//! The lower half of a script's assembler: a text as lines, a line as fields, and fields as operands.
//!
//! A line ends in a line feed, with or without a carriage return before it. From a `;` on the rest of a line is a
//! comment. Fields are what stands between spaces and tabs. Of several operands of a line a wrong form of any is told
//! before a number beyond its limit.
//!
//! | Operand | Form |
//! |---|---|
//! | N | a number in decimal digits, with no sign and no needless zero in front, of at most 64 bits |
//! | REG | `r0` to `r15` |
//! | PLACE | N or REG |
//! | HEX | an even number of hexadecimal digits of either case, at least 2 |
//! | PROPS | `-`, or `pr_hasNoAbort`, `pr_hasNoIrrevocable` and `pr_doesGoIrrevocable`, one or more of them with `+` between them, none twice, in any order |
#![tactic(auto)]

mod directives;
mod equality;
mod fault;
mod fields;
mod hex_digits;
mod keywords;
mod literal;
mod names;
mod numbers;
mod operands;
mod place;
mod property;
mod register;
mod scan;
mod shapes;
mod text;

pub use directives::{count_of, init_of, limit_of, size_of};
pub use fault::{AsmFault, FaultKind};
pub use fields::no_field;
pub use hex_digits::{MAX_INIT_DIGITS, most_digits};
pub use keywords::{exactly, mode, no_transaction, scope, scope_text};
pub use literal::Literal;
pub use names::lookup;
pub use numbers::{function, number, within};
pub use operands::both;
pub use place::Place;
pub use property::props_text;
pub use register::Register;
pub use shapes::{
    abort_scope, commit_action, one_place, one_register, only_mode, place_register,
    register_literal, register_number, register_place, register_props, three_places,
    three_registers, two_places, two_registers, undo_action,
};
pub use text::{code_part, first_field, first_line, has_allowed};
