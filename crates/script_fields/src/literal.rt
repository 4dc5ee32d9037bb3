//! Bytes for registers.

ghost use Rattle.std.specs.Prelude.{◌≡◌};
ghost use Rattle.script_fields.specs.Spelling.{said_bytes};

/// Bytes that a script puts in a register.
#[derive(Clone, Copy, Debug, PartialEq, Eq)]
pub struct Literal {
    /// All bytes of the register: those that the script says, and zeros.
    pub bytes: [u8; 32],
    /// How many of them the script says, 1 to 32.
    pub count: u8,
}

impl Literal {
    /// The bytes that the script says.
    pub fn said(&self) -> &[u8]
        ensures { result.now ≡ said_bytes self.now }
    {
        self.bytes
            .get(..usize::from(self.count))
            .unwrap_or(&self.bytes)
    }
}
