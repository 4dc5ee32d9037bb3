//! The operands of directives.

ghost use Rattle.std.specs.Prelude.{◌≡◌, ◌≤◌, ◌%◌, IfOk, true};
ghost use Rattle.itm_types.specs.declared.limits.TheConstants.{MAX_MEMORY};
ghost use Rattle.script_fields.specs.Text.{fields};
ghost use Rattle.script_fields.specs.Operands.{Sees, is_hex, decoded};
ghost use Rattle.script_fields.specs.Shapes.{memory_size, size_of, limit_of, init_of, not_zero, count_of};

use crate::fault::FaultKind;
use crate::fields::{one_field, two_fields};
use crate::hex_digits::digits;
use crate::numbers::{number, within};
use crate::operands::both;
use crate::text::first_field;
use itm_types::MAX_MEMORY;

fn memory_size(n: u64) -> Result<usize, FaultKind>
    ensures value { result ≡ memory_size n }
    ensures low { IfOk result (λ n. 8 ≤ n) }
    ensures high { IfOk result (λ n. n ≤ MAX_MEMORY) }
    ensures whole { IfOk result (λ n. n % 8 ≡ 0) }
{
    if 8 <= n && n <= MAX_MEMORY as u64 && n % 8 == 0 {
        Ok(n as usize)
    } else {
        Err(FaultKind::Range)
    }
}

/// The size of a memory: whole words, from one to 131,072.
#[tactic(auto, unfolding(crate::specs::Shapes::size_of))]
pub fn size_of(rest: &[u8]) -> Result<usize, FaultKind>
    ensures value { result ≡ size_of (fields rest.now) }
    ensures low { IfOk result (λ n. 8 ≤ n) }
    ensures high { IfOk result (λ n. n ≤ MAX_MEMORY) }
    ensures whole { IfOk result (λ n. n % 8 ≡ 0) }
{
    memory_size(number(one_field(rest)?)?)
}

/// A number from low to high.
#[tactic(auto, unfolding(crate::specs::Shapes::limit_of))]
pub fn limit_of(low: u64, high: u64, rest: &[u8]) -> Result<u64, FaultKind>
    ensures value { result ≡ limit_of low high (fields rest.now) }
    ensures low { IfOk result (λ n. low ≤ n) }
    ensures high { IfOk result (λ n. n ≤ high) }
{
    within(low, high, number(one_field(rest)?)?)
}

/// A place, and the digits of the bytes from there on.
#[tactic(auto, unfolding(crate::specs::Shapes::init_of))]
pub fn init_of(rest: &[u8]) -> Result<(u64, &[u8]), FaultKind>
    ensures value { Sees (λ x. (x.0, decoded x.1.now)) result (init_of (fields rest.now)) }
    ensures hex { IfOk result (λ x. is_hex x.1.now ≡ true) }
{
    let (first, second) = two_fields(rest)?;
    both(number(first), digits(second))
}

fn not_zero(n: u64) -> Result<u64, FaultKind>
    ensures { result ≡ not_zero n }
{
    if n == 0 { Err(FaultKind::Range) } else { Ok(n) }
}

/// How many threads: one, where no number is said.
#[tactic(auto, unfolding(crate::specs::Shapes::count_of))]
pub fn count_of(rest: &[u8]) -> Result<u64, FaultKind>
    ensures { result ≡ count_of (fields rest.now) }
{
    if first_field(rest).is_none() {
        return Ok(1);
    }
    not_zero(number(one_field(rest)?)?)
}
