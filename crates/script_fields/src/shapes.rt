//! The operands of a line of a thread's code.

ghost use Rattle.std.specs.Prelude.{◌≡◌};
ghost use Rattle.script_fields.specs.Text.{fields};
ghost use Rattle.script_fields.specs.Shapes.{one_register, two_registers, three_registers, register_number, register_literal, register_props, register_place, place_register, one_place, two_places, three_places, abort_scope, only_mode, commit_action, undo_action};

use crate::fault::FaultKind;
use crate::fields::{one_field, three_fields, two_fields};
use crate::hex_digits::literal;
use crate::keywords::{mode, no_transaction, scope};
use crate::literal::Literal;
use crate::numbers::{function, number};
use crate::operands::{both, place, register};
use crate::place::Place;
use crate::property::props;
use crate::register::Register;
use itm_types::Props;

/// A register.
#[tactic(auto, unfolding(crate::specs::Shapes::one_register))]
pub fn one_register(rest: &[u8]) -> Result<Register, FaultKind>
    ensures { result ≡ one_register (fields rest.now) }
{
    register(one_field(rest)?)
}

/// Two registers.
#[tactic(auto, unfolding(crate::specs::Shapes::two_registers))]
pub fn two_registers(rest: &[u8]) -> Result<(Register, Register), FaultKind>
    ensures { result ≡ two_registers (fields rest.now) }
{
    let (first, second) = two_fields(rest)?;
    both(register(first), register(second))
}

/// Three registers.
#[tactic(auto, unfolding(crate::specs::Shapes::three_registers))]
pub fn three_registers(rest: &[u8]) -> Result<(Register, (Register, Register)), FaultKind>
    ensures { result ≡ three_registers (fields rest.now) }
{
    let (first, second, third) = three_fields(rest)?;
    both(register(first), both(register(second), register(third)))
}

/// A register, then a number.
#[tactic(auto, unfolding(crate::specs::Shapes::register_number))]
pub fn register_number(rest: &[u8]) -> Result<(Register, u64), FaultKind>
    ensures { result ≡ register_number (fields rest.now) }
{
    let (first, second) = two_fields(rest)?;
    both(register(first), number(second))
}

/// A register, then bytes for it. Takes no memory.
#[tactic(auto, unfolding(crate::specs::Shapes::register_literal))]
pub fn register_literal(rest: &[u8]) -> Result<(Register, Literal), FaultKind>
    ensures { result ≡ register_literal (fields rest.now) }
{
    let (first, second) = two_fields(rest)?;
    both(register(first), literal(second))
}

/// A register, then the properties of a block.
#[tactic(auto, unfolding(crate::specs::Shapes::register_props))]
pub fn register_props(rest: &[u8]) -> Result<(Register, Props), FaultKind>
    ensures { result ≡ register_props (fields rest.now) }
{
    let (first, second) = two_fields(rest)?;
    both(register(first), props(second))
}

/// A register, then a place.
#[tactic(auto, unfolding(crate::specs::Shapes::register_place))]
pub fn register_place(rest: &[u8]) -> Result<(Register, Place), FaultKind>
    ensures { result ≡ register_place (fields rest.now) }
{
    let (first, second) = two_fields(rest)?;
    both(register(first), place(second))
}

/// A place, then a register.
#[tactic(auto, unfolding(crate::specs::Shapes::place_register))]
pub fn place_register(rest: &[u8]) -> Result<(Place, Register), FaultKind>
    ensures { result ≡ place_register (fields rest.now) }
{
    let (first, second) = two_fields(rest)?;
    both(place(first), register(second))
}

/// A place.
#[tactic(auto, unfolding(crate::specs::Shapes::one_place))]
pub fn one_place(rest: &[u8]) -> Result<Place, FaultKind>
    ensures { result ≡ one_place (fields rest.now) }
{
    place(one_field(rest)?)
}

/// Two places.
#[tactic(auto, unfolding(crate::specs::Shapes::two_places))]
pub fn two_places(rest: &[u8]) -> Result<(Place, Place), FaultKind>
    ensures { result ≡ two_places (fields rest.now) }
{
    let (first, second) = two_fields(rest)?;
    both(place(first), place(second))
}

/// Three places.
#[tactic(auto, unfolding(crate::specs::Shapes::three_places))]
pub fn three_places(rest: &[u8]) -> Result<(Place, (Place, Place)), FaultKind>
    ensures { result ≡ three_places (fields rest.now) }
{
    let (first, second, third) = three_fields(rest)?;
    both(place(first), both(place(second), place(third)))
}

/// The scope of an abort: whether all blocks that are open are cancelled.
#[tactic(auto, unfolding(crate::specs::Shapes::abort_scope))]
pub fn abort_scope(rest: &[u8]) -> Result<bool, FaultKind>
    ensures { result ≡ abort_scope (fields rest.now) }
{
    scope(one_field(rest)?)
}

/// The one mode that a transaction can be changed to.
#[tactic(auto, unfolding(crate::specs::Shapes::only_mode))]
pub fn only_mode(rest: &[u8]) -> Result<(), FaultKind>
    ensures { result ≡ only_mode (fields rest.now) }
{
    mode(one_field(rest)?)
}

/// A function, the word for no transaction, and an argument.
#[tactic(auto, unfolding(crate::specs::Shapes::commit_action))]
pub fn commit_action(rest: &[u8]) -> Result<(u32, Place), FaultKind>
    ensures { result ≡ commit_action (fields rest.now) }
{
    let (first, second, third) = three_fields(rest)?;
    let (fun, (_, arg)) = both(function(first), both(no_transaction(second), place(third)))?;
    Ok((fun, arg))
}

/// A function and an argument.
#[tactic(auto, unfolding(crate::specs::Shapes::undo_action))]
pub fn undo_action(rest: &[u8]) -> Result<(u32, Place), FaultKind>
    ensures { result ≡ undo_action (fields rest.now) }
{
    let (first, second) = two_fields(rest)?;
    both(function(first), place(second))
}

= = =

PROBLEM DESCRIPTION: The expected output is every line from the material above where "that" can be found.

RESULT OF THIS EXERCISE:
/// Bytes that a script puts in a register.
    /// All bytes of the register: those that the script says, and zeros.
    /// The bytes that the script says.
/// The scope of an abort: whether all blocks that are open are cancelled.
/// The one mode that a transaction can be changed to.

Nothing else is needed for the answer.